Instructions for the task :: Line by line, transcribe the data shown below.

Top of Records to use

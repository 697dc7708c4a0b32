//! Shops: how many servers are busy beside those that are open.
ghost use Rattle.shop_draw_laws.specs.ShiftLaws.{BusyRisesWithin, BusyWithinServers};

/// Where an event of a shop makes a server busy, no more are busy then than are open: so more are busy only after a shift
/// closed some in use, which end what they had begun. At a station without shifts no more are ever busy than it has.
pub fn law_shifts()
    ensures rises { BusyRisesWithin }
    ensures within { BusyWithinServers }
{}
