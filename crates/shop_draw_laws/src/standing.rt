//! Shops: for how long services take.
ghost use Rattle.shop_draw_laws.specs.StandingLaws.{LagIsTold, ServicesStandStill};

/// If the next event of a run of a shop tells `done`, then a service of that job began as many ticks before as were drawn for
/// it, and as the station has stood still since, all standstills that began in between counted whole: the lag, which counts
/// them, is the sum of those that `down` told.
pub fn law_standing()
    ensures services { ServicesStandStill }
    ensures lag { LagIsTold }
{}
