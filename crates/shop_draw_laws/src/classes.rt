//! Shops: what comes to a station, class by class.
ghost use Rattle.shop_draw_laws.specs.ClassLaws.{ClassFlow};

/// After any number of events of a shop, at each station and for each class: the jobs of the class that came are those that
/// began, were lost, reneged and wait.
pub fn law_classes()
    ensures { ClassFlow }
{}
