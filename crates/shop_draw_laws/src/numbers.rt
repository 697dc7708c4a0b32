//! Shops: what names of numbers stand for.
ghost use Rattle.shop_draw_laws.specs.Numbers.{Numbers};

/// What the names of limits, words and kinds of events of shops stand for.
pub fn law_numbers()
    ensures { Numbers }
{}
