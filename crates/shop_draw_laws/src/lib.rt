//! Further laws of shops, in the words of those who study queues and schedules: what is drawn and what comes of it, the flow of
//! each class, totals from a tick on, servers beside shifts, and numbers by their names. Each file is a law; its function does
//! nothing: its contract is the law.
#![tactic(auto)]

pub mod classes;
pub mod draws;
pub mod from;
pub mod numbers;
pub mod patience;
pub mod shifts;
pub mod standing;
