//! Shops: each object draws from its own stream.
ghost use Rattle.shop_draw_laws.specs.DrawLaws.{PlacesFollow, ValuesAreDrawn};

/// Each object of a shop draws from its own stream, one law after another: after any number of events its random place is
/// behind the words that its laws have read. And the ticks, jobs and steps that come of an event are the values of these laws
/// from that place on.
pub fn law_draws()
    ensures places { PlacesFollow }
    ensures values { ValuesAreDrawn }
{}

Bottom of Records to use

Answer to this exercise ::
repository 697dc7708c4a0b32
//! Shops: how many servers are busy beside those that are open.
ghost use Rattle.shop_draw_laws.specs.ShiftLaws.{BusyRisesWithin, BusyWithinServers};

/// Where an event of a shop makes a server busy, no more are busy then than are open: so more are busy only after a shift
/// closed some in use, which end what they had begun. At a station without shifts no more are ever busy than it has.
pub fn law_shifts()
    ensures rises { BusyRisesWithin }
    ensures within { BusyWithinServers }
{}
filename crates/shop_draw_laws/src/standing.rt
//! Shops: for how long services take.
ghost use Rattle.shop_draw_laws.specs.StandingLaws.{LagIsTold, ServicesStandStill};

/// If the next event of a run of a shop tells `done`, then a service of that job began as many ticks before as were drawn for
/// it, and as the station has stood still since, all standstills that began in between counted whole: the lag, which counts
/// them, is the sum of those that `down` told.
pub fn law_standing()
    ensures services { ServicesStandStill }
    ensures lag { LagIsTold }
{}
filename crates/shop_draw_laws/src/classes.rt
//! Shops: what comes to a station, class by class.
ghost use Rattle.shop_draw_laws.specs.ClassLaws.{ClassFlow};

/// After any number of events of a shop, at each station and for each class: the jobs of the class that came are those that
/// began, were lost, reneged and wait.
pub fn law_classes()
    ensures { ClassFlow }
{}
filename crates/shop_draw_laws/src/numbers.rt
repository 697dc7708c4a0b32
//! Shops: what names of numbers stand for.
ghost use Rattle.shop_draw_laws.specs.Numbers.{Numbers};

/// What the names of limits, words and kinds of events of shops stand for.
pub fn law_numbers()
    ensures { Numbers }
{}
filename crates/shop_draw_laws/src/lib.rt
//! Further laws of shops, in the words of those who study queues and schedules: what is drawn and what comes of it, the flow of
//! each class, totals from a tick on, servers beside shifts, and numbers by their names. Each file is a law; its function does
//! nothing: its contract is the law.
#![tactic(auto)]

pub mod classes;
pub mod draws;
pub mod from;
pub mod numbers;
pub mod patience;
pub mod shifts;
pub mod standing;
//! Shops: each object draws from its own stream.
ghost use Rattle.shop_draw_laws.specs.DrawLaws.{PlacesFollow, ValuesAreDrawn};

/// Each object of a shop draws from its own stream, one law after another: after any number of events its random place is
/// behind the words that its laws have read. And the ticks, jobs and steps that come of an event are the values of these laws
/// from that place on.
pub fn law_draws()
    ensures places { PlacesFollow }
    ensures values { ValuesAreDrawn }
{}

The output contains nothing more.